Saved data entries
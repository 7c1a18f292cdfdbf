//! Lists of numbers.

ghost use Rattle.std.specs.Prelude.{◌≡◌, ◌++◌, ◌∷◌, [], MatchOption, OnErr, OnOk};
ghost use Rattle.ciel_want_marks.specs.Lists.{Settled, flag};

use crate::lists::flag;
use sky_base::text::Memory;
use std::alloc::Global;
use std::marker::Model;

/// Numbers in the order in which they were added. Contracts see them as a list.
#[derive(Drop)]
pub struct Numbers {
    items: Vec<u32>,
}

impl Model for Numbers {
    ghost use Rattle.std.specs.Prelude.{List, ℕ};

    ghost Value = { List ℕ };

    ghost view = { λ a. a.items.items };
}

impl Numbers {
    /// None.
    pub fn new(alloc: Global) -> Numbers
        ensures { result ≡ [] }
    {
        Numbers {
            items: Vec::new(alloc),
        }
    }

    /// Puts a number at the end.
    ///
    /// Answers `Memory` for want of memory. The list is then as it was.
    pub fn push(&mut self, number: u32) -> Result<(), Memory>
        ensures pushed { OnOk result (self.new ≡ self.old ++ number ∷ []) }
        ensures kept { OnErr result (self.new ≡ self.old) }
    {
        match self.items.push(number) {
            Ok(()) => Ok(()),
            Err(_) => Err(Memory),
        }
    }

    /// The numbers in order.
    pub fn as_slice(&self) -> &[u32]
        ensures { result.now ≡ self.now }
    {
        self.items.as_slice()
    }

    /// Takes the last one off.
    pub(crate) fn pop(&mut self) -> Option<u32>
        ensures { MatchOption result ((self.old ≡ []) × (self.new ≡ [])) (λ x. self.old ≡ self.new ++ x ∷ []) }
    {
        self.items.pop()
    }

    /// Takes those whose flags are set off the end, and answers the last one that is left.
    pub(crate) fn settle(&mut self, flags: &[bool]) -> Option<u32>
        ensures { Settled flags.now self.old self.new result }
    {
        'settle: while let Some(number) = self.items.pop() {
            if !flag(flags, number) {
                self.items.push_reserved(number);
                return Some(number);
            }
        }
        None
    }
}
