/// What was seen of a run, by its story.
///
/// Answers `Memory` for want of memory.
pub fn scene_of(alloc: Global, story: Story) -> Result<Scene, Memory>
    ensures tasks { IfOk result (λ s. ids s.roll.tasks.items ≡ tasks (map told_view story.told.items)) }
    ensures rows { IfOk result (λ s. AreFiled (rows s.roll.tasks.items) (starts_view s.runs.items)) }
    ensures descs { IfOk result (λ s. AreDescribed (head_view story.header) (map told_view story.told.items) (knowns s.known.all.items)
        (headings s.roll.tasks.items)) }
    ensures starts { IfOk result (λ s. starts_view s.runs.items ≡ starts (map told_view story.told.items)) }
    ensures losses { IfOk result (λ s. losses_view s.losses.items ≡ losses (map told_view story.told.items)) }
    ensures orders { IfOk result (λ s. orders_view s.runs.items ≡ orders (map told_view story.told.items)) }
    ensures agains { IfOk result (λ s. agains_view s.runs.items ≡ agains (map told_view story.told.items)) }
    ensures took { IfOk result (λ s. takes_view s.runs.items ≡ took (head_view story.header) (map told_view story.told.items)) }
    ensures outputs { IfOk result (λ s. makes_view s.runs.items ≡ made (head_view story.header) (map told_view story.told.items)) }
    ensures cuts { IfOk result (λ s. cuts_view (numbers s.runs.items) s.losses.items ≡ cuts (map told_view story.told.items)) }
    ensures stacked { IfOk result (λ s. stacks_view (ids s.roll.tasks.items) s.losses.items ≡ stacked (map told_view story.told.items)) }
    ensures stacks { IfOk result (λ s. stack_counts s.losses.items ≡ map length (stacked (map told_view story.told.items))) }
    ensures objects { IfOk result (λ s. AreTaken (head_view story.header) (map told_view story.told.items) (objects_view s.losses.items)) }
    ensures known { IfOk result (λ s. knowns s.known.all.items ≡ known (head_view story.header) (map told_view story.told.items)) }
    ensures made { IfOk result (λ s. AreMade (head.short (head_view story.header)) s.known.all.items) }
    ensures happened { IfOk result (λ s. happened_view s.happened.items ≡ happened (map told_view story.told.items)) }
{
    let Story { header, told } = story;
    let mut maker = Maker::new(alloc, header)?;
    for one in told {
        maker.take(alloc, one)?;
    }
    Ok(maker.into_scene())
}
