//! The run of an executor that hands out one of its outputs while it runs.

ghost use Rattle.std.specs.Prelude.{◌≡◌, ◌++◌, ◌<◌, ◌≤◌, ◌^◌, ℕ, List, [], ◌∷◌, IfOk, Ok, length, replicate, true};
ghost use Rattle.sky_base.specs.KitView.{RunsSo};
ghost use Rattle.sky_base.specs.View.{view};
ghost use Rattle.sky_base_exec.specs.Perform.{slots};
ghost use Rattle.line_kit.specs.Gives.{gives};
ghost use Rattle.line_kit.specs.Table.{executor_of};
ghost use Rattle.line_flow.specs.Told.{CanFeed, Told, drained_more, fed_more, opened};
ghost use Rattle.line_flow.specs.Stands.{Stands};
ghost use Rattle.ciel_flow_pieces.specs.Pieces.{AllParts, AllShort, LawOf, most_of_a_piece, parts};
ghost use Rattle.ciel_flow_pieces.specs.Source.{hands_out};
ghost use Rattle.ciel_flow_pieces.specs.Leads.{Begins, IsCall, IsFirstOf, IsOf, JoinedEach, Leads, WasFed, at};
ghost use Rattle.ciel_flow_pieces.specs.declared.piece.Piece.TheVariants.{End};

use crate::ends::Producer;
use crate::piece::Piece;
use line_flow::flow::{Flow, FlowRefusal};
use line_flow::kit::MOST_OF_A_PIECE;
use line_kit::executor::{Executor, executor_of};
use sky_base::fault::FaultKind;
use sky_base::text::{Bytes, Memory, Txt};
use sky_base::value::Value;
use std::alloc::Global;
use std::marker::Model;
use std::sync::Wait;

/// Whether an executor's output can be had line by line, while it is made: that of `cat`, `grep`, `words`, `deal` and `head`.
pub fn hands_out(executor: &Txt) -> bool
    ensures { result ≡ hands_out (executor_of executor.now) }
{
    matches!(
        executor_of(executor.as_str()),
        Some(Executor::Cat | Executor::Grep | Executor::Words | Executor::Deal | Executor::Head)
    )
}

/// An output so far. Contracts see it as its bytes.
#[derive(Drop)]
pub(crate) struct Grown {
    bytes: Vec<u8>,
}

impl Model for Grown {
    ghost use Rattle.std.specs.Prelude.{List, ℕ};

    ghost Value = { List ℕ };

    ghost view = { λ g. g.bytes.items };
}

impl Grown {
    fn new(alloc: Global) -> Grown
        ensures { result ≡ [] }
    {
        Grown {
            bytes: Vec::new(alloc),
        }
    }

    fn add(&mut self, more: &[u8]) -> Result<(), Memory>
        ensures { IfOk result (λ _. self.new ≡ self.old ++ more.now) }
    {
        match self.bytes.extend_from_slice(more) {
            Ok(()) => Ok(()),
            Err(_) => Err(Memory),
        }
    }
}

/// So many outputs without a byte.
pub(crate) fn nothing_grown(alloc: Global, outputs: u32) -> Result<Vec<Grown>, Memory>
    ensures { IfOk result (λ v. v.items ≡ replicate outputs []) }
{
    let mut all = Vec::new(alloc);
    for _i in 0..outputs {
        if all.push(Grown::new(alloc)).is_err() {
            return Err(Memory);
        }
    }
    Ok(all)
}

// Adds to each output what follows.
fn add_all(kept: &mut Vec<Grown>, more: &[Bytes]) -> Result<(), Memory>
    requires { length more.now ≡ length kept.old.items }
    ensures { IfOk result (λ _. JoinedEach kept.old.items more.now kept.new.items) }
{
    for i in 0..kept.len() {
        kept[i].add(more[i].as_slice())?;
    }
    Ok(())
}

// What was drained of one output, or nothing.
fn one_of(alloc: Global, more: &[Bytes], index: u32) -> Result<Bytes, Memory>
    ensures { IfOk result (λ b. b ≡ at more.now index) }
{
    let at = index as usize;
    if at < more.len() {
        more[at].share()
    } else {
        Bytes::new(alloc, Vec::new(alloc))
    }
}

// A copy of these bytes.
fn copied(alloc: Global, bytes: &[u8]) -> Result<Bytes, Memory>
    ensures { IfOk result (λ b. b ≡ bytes.now) }
{
    match Vec::from_slice(alloc, bytes) {
        Ok(copy) => Bytes::new(alloc, copy),
        Err(_) => Err(Memory),
    }
}

// Puts one part.
fn put_one<R: Wait>(rt: &R, part: Bytes, producer: &mut Producer)
    requires short { length part ≤ most_of_a_piece }
    requires all { AllParts producer.old.pieces }
    requires all_short { AllShort producer.old.pieces }
    requires begins { IsFirstOf producer.old part }
    ensures source { producer.new.source ≡ producer.old.source }
    ensures all { AllParts producer.new.pieces }
    ensures all_short { AllShort producer.new.pieces }
    ensures put { parts producer.new.pieces ≡ parts producer.old.pieces ++ part }
{
    producer.put(rt, Piece::Part(part));
}

// Puts copies of these bytes, in as many parts as they take.
fn put_cut<R: Wait>(
    rt: &R,
    alloc: Global,
    bytes: &[u8],
    producer: &mut Producer,
) -> Result<(), Memory>
    requires all { AllParts producer.old.pieces }
    requires all_short { AllShort producer.old.pieces }
    requires begins { IsFirstOf producer.old bytes.now }
    ensures source { producer.new.source ≡ producer.old.source }
    ensures all { AllParts producer.new.pieces }
    ensures all_short { AllShort producer.new.pieces }
    ensures put { IfOk result (λ _. parts producer.new.pieces ≡ parts producer.old.pieces ++ bytes.now) }
{
    let mut rest = bytes;
    while rest.len() > MOST_OF_A_PIECE {
        let (piece, more) = rest.split_at(MOST_OF_A_PIECE);
        let part = copied(alloc, piece)?;
        put_one(rt, part, producer);
        rest = more;
    }
    let last = copied(alloc, rest)?;
    put_one(rt, last, producer);
    Ok(())
}

/// Puts these bytes, as they are where one part may have so many, else copied into as many parts as they take.
pub(crate) fn put_parts<R: Wait>(
    rt: &R,
    alloc: Global,
    bytes: Bytes,
    producer: &mut Producer,
) -> Result<(), Memory>
    requires all { AllParts producer.old.pieces }
    requires all_short { AllShort producer.old.pieces }
    requires begins { IsFirstOf producer.old bytes }
    ensures source { producer.new.source ≡ producer.old.source }
    ensures all { AllParts producer.new.pieces }
    ensures all_short { AllShort producer.new.pieces }
    ensures put { IfOk result (λ _. parts producer.new.pieces ≡ parts producer.old.pieces ++ bytes) }
{
    let all = bytes.as_slice();
    if all.len() > MOST_OF_A_PIECE {
        return put_cut(rt, alloc, all, producer);
    }
    put_one(rt, bytes, producer);
    Ok(())
}

/// Feeds a piece, drains the flow, keeps what it hands out and puts that of one output.
pub(crate) fn lead_piece<R: Wait>(
    rt: &R,
    alloc: Global,
    flow: &mut Flow,
    input: u32,
    piece: &[u8],
    kept: &mut Vec<Grown>,
    index: u32,
    producer: &mut Producer,
) -> Result<(), Memory>
    requires leads { (t : Told) × (inputs : List (List ℕ)) × Leads flow.old t kept.old.items producer.old × IsOf producer.old.source t inputs
        × CanFeed t input × Begins t input piece.now inputs }
    requires index { producer.old.source.index ≡ index }
    ensures source { producer.new.source ≡ producer.old.source }
    ensures all { AllParts producer.new.pieces }
    ensures leads { IfOk result (λ _. (t : Told) → Leads flow.old t kept.old.items producer.old → CanFeed t input
        → Leads flow.new (drained_more (fed_more t input piece.now)) kept.new.items producer.new) }
{
    flow.feed(input, piece)?;
    let more = flow.drain()?;
    let part = one_of(alloc, more.as_slice(), index)?;
    add_all(kept, more.as_slice())?;
    put_parts(rt, alloc, part, producer)?;
    Ok(())
}

/// Feeds an input whole, piece by piece.
pub(crate) fn lead_input<R: Wait>(
    rt: &R,
    alloc: Global,
    flow: &mut Flow,
    input: u32,
    bytes: &[u8],
    kept: &mut Vec<Grown>,
    index: u32,
    producer: &mut Producer,
) -> Result<(), Memory>
    requires leads { (t : Told) × (inputs : List (List ℕ)) × Leads flow.old t kept.old.items producer.old × IsOf producer.old.source t inputs
        × CanFeed t input × Begins t input bytes.now inputs }
    requires index { producer.old.source.index ≡ index }
    ensures source { producer.new.source ≡ producer.old.source }
    ensures all { AllParts producer.new.pieces }
    ensures leads { IfOk result (λ _. (t : Told) → Leads flow.old t kept.old.items producer.old → CanFeed t input
        → (u : Told) × Leads flow.new u kept.new.items producer.new × CanFeed u input × WasFed t input bytes.now u) }
{
    let mut rest = bytes;
    while rest.len() > MOST_OF_A_PIECE {
        let (piece, more) = rest.split_at(MOST_OF_A_PIECE);
        lead_piece(rt, alloc, flow, input, piece, kept, index, producer)?;
        rest = more;
    }
    lead_piece(rt, alloc, flow, input, rest, kept, index, producer)
}

// The outputs.
fn in_bytes(alloc: Global, kept: Vec<Grown>) -> Result<Vec<Bytes>, Memory>
    ensures { IfOk result (λ v. v.items ≡ kept.items) }
{
    let mut all = Vec::new(alloc);
    for one in kept {
        let Grown { bytes } = one;
        if all.push(Bytes::new(alloc, bytes)?).is_err() {
            return Err(Memory);
        }
    }
    Ok(all)
}

/// Ends a flow to which all inputs were fed, and puts what is left of one output.
pub(crate) fn lead_end<R: Wait>(
    rt: &R,
    alloc: Global,
    flow: Flow,
    kept: Vec<Grown>,
    index: u32,
    producer: &mut Producer,
) -> Result<Result<Vec<Bytes>, FaultKind>, Memory>
    requires leads { (t : Told) × (inputs : List (List ℕ)) × Leads flow t kept.items producer.old × IsOf producer.old.source t inputs
        × (t.fed ≡ inputs) }
    requires hands { hands_out (executor_of producer.old.source.executor) ≡ true }
    requires index { producer.old.source.index ≡ index }
    ensures source { producer.new.source ≡ producer.old.source }
    ensures all { AllParts producer.new.pieces }
    ensures made { IfOk result (λ r. (t : Told) → Leads flow t kept.items producer.old → RunsSo r (gives t.executor t.args t.fed t.outputs)) }
    ensures end { IfOk result (λ r. IfOk r (λ _. LawOf producer.new.source (producer.new.pieces ++ End ∷ []))) }
{
    match flow.end()? {
        Err(kind) => Ok(Err(kind)),
        Ok(more) => {
            let part = one_of(alloc, more.as_slice(), index)?;
            let mut kept = kept;
            add_all(&mut kept, more.as_slice())?;
            let outputs = in_bytes(alloc, kept)?;
            put_parts(rt, alloc, part, producer)?;
            Ok(Ok(outputs))
        }
    }
}

// Feeds all inputs to a flow that was fed nothing.
fn lead_flow<R: Wait>(
    rt: &R,
    alloc: Global,
    flow: Flow,
    inputs: &[Bytes],
    count: u32,
    outputs: u32,
    index: u32,
    producer: &mut Producer,
) -> Result<Result<Vec<Bytes>, FaultKind>, Memory>
    requires count { count ≡ length inputs.now }
    requires call { IsOf producer.old.source (opened producer.old.source.executor (slots (view producer.old.source.args)) count outputs) inputs.now }
    requires flow { Stands flow (opened producer.old.source.executor (slots (view producer.old.source.args)) count outputs) }
    requires fresh { producer.old.pieces ≡ [] }
    requires hands { hands_out (executor_of producer.old.source.executor) ≡ true }
    requires index { producer.old.source.index ≡ index }
    ensures source { producer.new.source ≡ producer.old.source }
    ensures all { AllParts producer.new.pieces }
    ensures made { IfOk result (λ r. RunsSo r (gives producer.old.source.executor (slots (view producer.old.source.args)) inputs.now outputs)) }
    ensures end { IfOk result (λ r. IfOk r (λ _. LawOf producer.new.source (producer.new.pieces ++ End ∷ []))) }
{
    let mut flow = flow;
    let mut kept = nothing_grown(alloc, outputs)?;
    for input in 0..count {
        let bytes = inputs[input as usize].as_slice();
        lead_input(
            rt, alloc, &mut flow, input, bytes, &mut kept, index, producer,
        )?;
    }
    lead_end(rt, alloc, flow, kept, index, producer)
}

/// Runs an executor whose output can be had line by line over these inputs, piece by piece, and puts the pieces of one of its outputs. The
/// last piece isn't put: where it came to outputs, the end may be.
///
/// Answers `Memory` for want of memory. Whatever it answers, all that was put are parts.
pub fn lead<R: Wait>(
    rt: &R,
    alloc: Global,
    executor: &Txt,
    args: &Value,
    outputs: u32,
    index: u32,
    inputs: &[Bytes],
    producer: &mut Producer,
) -> Result<Result<Vec<Bytes>, FaultKind>, Memory>
    requires call { IsCall producer.old.source executor.now (view args.now) outputs index inputs.now }
    requires fresh { producer.old.pieces ≡ [] }
    requires hands { hands_out (executor_of executor.now) ≡ true }
    requires few { length inputs.now < 2 ^ 32 }
    ensures source { producer.new.source ≡ producer.old.source }
    ensures all { AllParts producer.new.pieces }
    ensures made { IfOk result (λ r. RunsSo r (gives executor.now (view args.now) inputs.now outputs)) }
    ensures end { IfOk result (λ r. IfOk r (λ _. LawOf producer.new.source (producer.new.pieces ++ End ∷ []))) }
{
    let count = inputs.len() as u32;
    match Flow::open(alloc, executor, args, count, outputs) {
        Ok(flow) => lead_flow(rt, alloc, flow, inputs, count, outputs, index, producer),
        Err(FlowRefusal::Refused(kind)) => Ok(Err(kind)),
        Err(FlowRefusal::Memory) => Err(Memory),
    }
}

/// Puts an output that is at hand whole, in as many parts as it takes. The last piece isn't put: the end may be.
///
/// Answers `Memory` for want of memory. Whatever it answers, all that was put are parts.
pub fn hand_out<R: Wait>(
    rt: &R,
    alloc: Global,
    index: u32,
    outputs: &[Bytes],
    producer: &mut Producer,
) -> Result<(), Memory>
    requires given { (inputs : List (List ℕ)) × (producer.old.source.inputs ≡ Ok inputs)
        × (gives producer.old.source.executor (slots (view producer.old.source.args)) inputs producer.old.source.outputs ≡ Ok outputs.now) }
    requires fresh { producer.old.pieces ≡ [] }
    requires hands { hands_out (executor_of producer.old.source.executor) ≡ true }
    requires index { producer.old.source.index ≡ index }
    ensures source { producer.new.source ≡ producer.old.source }
    ensures all { AllParts producer.new.pieces }
    ensures end { IfOk result (λ _. LawOf producer.new.source (producer.new.pieces ++ End ∷ [])) }
{
    let whole = one_of(alloc, outputs, index)?;
    put_parts(rt, alloc, whole, producer)?;
    Ok(())
}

§ **REQUIREMENT**:
Every line in the entries above that mentions the word "Leads" must be shown.

§ **EXERCISE ANSWER**:
ghost use Rattle.ciel_flow_pieces.specs.Leads.{Begins, IsCall, IsFirstOf, IsOf, JoinedEach, Leads, WasFed, at};
    requires leads { (t : Told) × (inputs : List (List ℕ)) × Leads flow.old t kept.old.items producer.old × IsOf producer.old.source t inputs
    ensures leads { IfOk result (λ _. (t : Told) → Leads flow.old t kept.old.items producer.old → CanFeed t input
        → Leads flow.new (drained_more (fed_more t input piece.now)) kept.new.items producer.new) }
    requires leads { (t : Told) × (inputs : List (List ℕ)) × Leads flow.old t kept.old.items producer.old × IsOf producer.old.source t inputs
    ensures leads { IfOk result (λ _. (t : Told) → Leads flow.old t kept.old.items producer.old → CanFeed t input
        → (u : Told) × Leads flow.new u kept.new.items producer.new × CanFeed u input × WasFed t input bytes.now u) }
    requires leads { (t : Told) × (inputs : List (List ℕ)) × Leads flow t kept.items producer.old × IsOf producer.old.source t inputs
    ensures made { IfOk result (λ r. (t : Told) → Leads flow t kept.items producer.old → RunsSo r (gives t.executor t.args t.fed t.outputs)) }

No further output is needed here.